Report: Banks would be a major casualty in a global recession


    You have another reason to hope the economy doesn’t fall into a global recession: Turns out one in three banks wouldn’t survive such a downturn.

    The only way they’d make it? If they merged with another financial institution or massively restructured.

    That’s according to recent analysis from the folks at McKinsey.

    The management consultancy classifies 35% of banks worldwide
    as “challenged” because they earned an average 1.6% return on tangible equity (a key industry indicator).

    In fact, if a whopping 60% of banks worldwide don’t make some changes – and fast – they’ll struggle if and when a recession hits.

    Uncertainty over a global recession

    The reason for much of banks’ do-or-die situation? You guessed it – economic uncertainty.

    If you’re unsure whether or not we’re headed toward a global recession, you can take comfort knowing you’re not the only one. The world’s top economic experts don’t know either.

    On the one hand, the headline from the IMF and the World Bank’s recent annual meetings in Washington was that the global economy will grow at a rate of 3% this year.

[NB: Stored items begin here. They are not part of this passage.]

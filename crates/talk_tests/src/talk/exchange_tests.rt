//! A publisher's connection, byte for byte.
ghost use Rattle.std.specs.Prelude.{◌≡◌};

use crate::talk::devices::{Devices, Host, expect_talk, in_pieces, made_host, outcome_of};
use relay_talk::TalkEnd;
use session_state::Words;
use std::alloc::Global;
use std::process::Abort;
use std::test::Fail;

/// What a publisher sends, and what it reads.
#[derive(Clone, Copy)]
pub(crate) struct Run {
    pub sent: &'static [&'static [u8]],
    pub read: &'static [&'static [u8]],
}

const ANNOUNCE: &[u8] =
    b"ANNOUNCE rtsp://127.0.0.1:8554/cam RTSP/1.0\r\nCSeq: 2\r\nContent-Type: application/sdp\r\nContent-Length: 137\r\n\r\nv=0\r\no=- 0 0 IN IP4 127.0.0.1\r\ns=No Name\r\nc=IN IP4 127.0.0.1\r\nt=0 0\r\nm=video 0 RTP/AVP 96\r\na=rtpmap:96 H264/90000\r\na=control:streamid=0\r\n";

const SETUP: &[u8] =
    b"SETUP rtsp://127.0.0.1:8554/cam/streamid=0 RTSP/1.0\r\nCSeq: 3\r\nTransport: RTP/AVP/TCP;unicast;interleaved=0-1;mode=record\r\n\r\n";

const RECORD: &[u8] =
    b"RECORD rtsp://127.0.0.1:8554/cam RTSP/1.0\r\nCSeq: 4\r\nSession: 000000010000abcd\r\n\r\n";

const DESCRIBE: &[u8] = b"DESCRIBE rtsp://127.0.0.1:8554/cam RTSP/1.0\r\nCSeq: 5\r\n\r\n";

pub(crate) const ANNOUNCED: &[u8] = b"RTSP/1.0 200 OK\r\nCSeq: 2\r\n\r\n";

pub(crate) const IS_SET_UP: &[u8] =
    b"RTSP/1.0 200 OK\r\nCSeq: 3\r\nSession: 000000010000abcd\r\nTransport: RTP/AVP/TCP;unicast;interleaved=0-1;mode=\"RECORD\"\r\n\r\n";

pub(crate) const RECORDS: &[u8] =
    b"RTSP/1.0 200 OK\r\nCSeq: 4\r\nSession: 000000010000abcd\r\n\r\n";

pub(crate) const DESCRIBED: &[u8] =
    b"RTSP/1.0 200 OK\r\nCSeq: 5\r\nContent-Base: rtsp://127.0.0.1:8554/cam/\r\nContent-Type: application/sdp\r\nContent-Length: 149\r\n\r\nv=0\r\no=- 0 0 IN IP4 127.0.0.1\r\ns=No Name\r\nc=IN IP4 127.0.0.1\r\nt=0 0\r\na=control:*\r\nm=video 0 RTP/AVP 96\r\na=rtpmap:96 H264/90000\r\na=control:trackID=0\r\n";

/// A camera sends ANNOUNCE, SETUP, RECORD, and the DESCRIBE of players: message by message, with the answer to each.
pub(crate) const CAMERA: Run = Run {
    sent: &[ANNOUNCE, SETUP, RECORD, DESCRIBE],
    read: &[ANNOUNCED, IS_SET_UP, RECORDS, DESCRIBED],
};

const RUNS: [Run; 4] = [
    CAMERA,
    Run {
        sent: &[
            b"ANNOUNCE rtsp://127.0.0.1:8554/cam RTSP/1.0\r\nCSeq: 2\r\nContent-Type: application/sdp\r\nContent-Length: 179\r\n\r\n",
            b"v=0\r\no=- 0 0 IN IP4 127.0.0.1\r\ns=No Name\r\nc=IN IP4 127.0.0.1\r\nt=0 0\r\na=tool:x\r\nm=video 0 RTP/AVP 96\r\na=rtpmap:96 H264/90000\r\na=fmtp:96 packetization-mode=1\r\na=control:streamid=0\r\n",
            SETUP,
            b"RECORD rtsp://127.0.0.1:8554/cam RTSP/1.0\r\nCSeq: 4\r\nSession: 000000010000abcd\r\nRange: npt=0.000-\r\n\r\n",
            DESCRIBE,
        ],
        read: &[
            ANNOUNCED,
            IS_SET_UP,
            RECORDS,
            b"RTSP/1.0 200 OK\r\nCSeq: 5\r\nContent-Base: rtsp://127.0.0.1:8554/cam/\r\nContent-Type: application/sdp\r\nContent-Length: 191\r\n\r\n",
            b"v=0\r\no=- 0 0 IN IP4 127.0.0.1\r\ns=No Name\r\nc=IN IP4 127.0.0.1\r\nt=0 0\r\na=tool:x\r\na=control:*\r\nm=video 0 RTP/AVP 96\r\na=rtpmap:96 H264/90000\r\na=fmtp:96 packetization-mode=1\r\na=control:trackID=0\r\n",
        ],
    },
    // A mount ends with its owner's TEARDOWN, and may be announced again.
    Run {
        sent: &[
            b"ANNOUNCE rtsp://h/a RTSP/1.0\nCSeq: 1\nContent-Length: 26\n\nv=0\nm=audio 0 RTP/AVP 0  \n",
            b"ANNOUNCE rtsp://h/b RTSP/1.0\nCSeq: 2\nContent-Length: 26\n\nv=0\nm=audio 0 RTP/AVP 0  \n",
            b"SETUP rtsp://h/a/trackID=0 RTSP/1.0\nCSeq: 3\nTransport: RTP/AVP/TCP;mode=record\n\n",
            b"$\x00\x00\x01xPLAY rtsp://h/a RTSP/1.0\nCSeq: 4\nSession: 000000010000abcd\n\n",
            b"TEARDOWN rtsp://h/a RTSP/1.0\nCSeq: 5\nSession: 000000010000abcd\n\n",
            b"ANNOUNCE rtsp://h/a RTSP/1.0\nCSeq: 6\nContent-Length: 26\n\nv=0\nm=audio 0 RTP/AVP 0  \n",
        ],
        read: &[
            b"RTSP/1.0 200 OK\r\nCSeq: 1\r\n\r\n",
            b"RTSP/1.0 403 Forbidden\r\nCSeq: 2\r\n\r\n",
            b"RTSP/1.0 200 OK\r\nCSeq: 3\r\nSession: 000000010000abcd\r\nTransport: RTP/AVP/TCP;unicast;interleaved=0-1;mode=\"RECORD\"\r\n\r\n",
            b"RTSP/1.0 403 Forbidden\r\nCSeq: 4\r\nSession: 000000010000abcd\r\n\r\n",
            b"RTSP/1.0 200 OK\r\nCSeq: 5\r\nSession: 000000010000abcd\r\n\r\n",
            b"RTSP/1.0 200 OK\r\nCSeq: 6\r\n\r\n",
        ],
    },
    Run {
        sent: &[
            b"DESCRIBE rtsp://h/a RTSP/1.0\nCSeq: 1\n\n",
            b"PLAY rtsp://h/a RTSP/1.0\nCSeq: 2\n\n",
        ],
        read: &[
            b"RTSP/1.0 404 Not Found\r\nCSeq: 1\r\n\r\n",
            b"RTSP/1.0 454 Session Not Found\r\nCSeq: 2\r\n\r\n",
        ],
    },
];

/// Asserts that a publisher's talk writes the replies of the run, with reads of at most `piece` bytes.
fn expect_run(rt: &impl Abort, host: Host, run: &Run, piece: usize) -> Result<(), Fail> {
    let sent = run.sent.concat(host.alloc)?;
    let read = run.read.concat(host.alloc)?;
    expect_talk(rt, host, &sent, in_pieces(piece), &read, &TalkEnd::Done)
}

#[test]
fn publishers_are_answered_byte_for_byte(rt: HostRuntime) -> Result<(), Fail> {
    let host = made_host(&rt, 0xabcd)?;
    for run in &RUNS {
        for piece in &[1, 50, 100_000] {
            expect_run(&rt, host, run, *piece)?;
        }
    }
    Ok(())
}

/// Returns the answers to all messages of a run that are whole before this place.
fn answered_before(alloc: Global, run: &Run, place: usize) -> Result<Vec<u8>, Fail> {
    let mut answers = Vec::new(alloc);
    let mut whole = 0usize;
    for (message, answer) in run.sent.iter().zip(run.read) {
        whole = whole.saturating_add(message.len());
        if whole <= place {
            answers.extend_from_slice(answer)?;
        }
    }
    Ok(answers)
}

#[test]
fn a_cameras_source_fails_at_each_place(rt: HostRuntime) -> Result<(), Fail> {
    let host = made_host(&rt, 0xabcd)?;
    let sent = CAMERA.sent.concat(host.alloc)?;
    for place in 0..sent.len() + 1 {
        let want = answered_before(host.alloc, &CAMERA, place)?;
        let devices = Devices {
            fail_at: Some(place),
            ..in_pieces(50)
        };
        expect_talk(&rt, host, &sent, devices, &want, &TalkEnd::ReadFailed)?;
    }
    Ok(())
}

#[test]
fn a_cameras_sink_of_each_room(rt: HostRuntime) -> Result<(), Fail> {
    let host = made_host(&rt, 0xabcd)?;
    let sent = CAMERA.sent.concat(host.alloc)?;
    let read = CAMERA.read.concat(host.alloc)?;
    for room in 0..read.len() {
        let devices = Devices {
            room,
            ..in_pieces(100_000)
        };
        let want = &read.as_slice()[..room];
        expect_talk(&rt, host, &sent, devices, want, &TalkEnd::WriteFailed)?;
    }
    Ok(())
}

/// Returns the words from this one on.
#[derive(Drop)]
struct CountedWords(u32);

impl Words for CountedWords {
    ghost gives = { λ old word new. word ≡ old.0 };

    fn word(&mut self) -> u32 {
        let word = self.0;
        self.0 = word.wrapping_add(1);
        word
    }
}

/// Two requests come at once, and the answer to the first can't be written.
#[test]
fn no_word_is_asked_for_behind_a_failed_write(rt: HostRuntime) -> Result<(), Fail> {
    let input = b"OPTIONS * RTSP/1.0\nCSeq: 1\n\nOPTIONS * RTSP/1.0\nCSeq: 2\n\n";
    let devices = Devices {
        room: 3,
        ..in_pieces(100)
    };
    let mut words = CountedWords(10);
    let outcome = outcome_of(made_host(&rt, 0)?, input, devices, &mut words)?;
    assert!(rt; outcome.end == TalkEnd::WriteFailed && words.0 == 11);
    Ok(())
}

/// More requests than a reader holds at a time.
const MANY: usize = 2000;

#[test]
fn many_requests_of_one_talk(rt: HostRuntime) -> Result<(), Fail> {
    let host = made_host(&rt, 10)?;
    let input = b"GET_PARAMETER * RTSP/1.0\nCSeq: 1\n\n".repeat(host.alloc, MANY)?;
    let want = b"RTSP/1.0 200 OK\r\nCSeq: 1\r\n\r\n".repeat(host.alloc, MANY)?;
    expect_talk(&rt, host, &input, in_pieces(5000), &want, &TalkEnd::Done)
}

That’s above the 2.5% rate that would signal a global recession.

    But insiders say even this lackluster forecast could all come crumbling down. And something as small as a tweet from our commander-in-chief could do it.

    Even low interest rates could do it

    Another caution to consider: It might not even take a recession to cause a large proportion of banks to find themselves in serious trouble.

    The McKinsey report asserts that even prolonged low or negative interest rates could have a similar effect.

    All the more reason to watch the Federal Reserve closely in the coming months.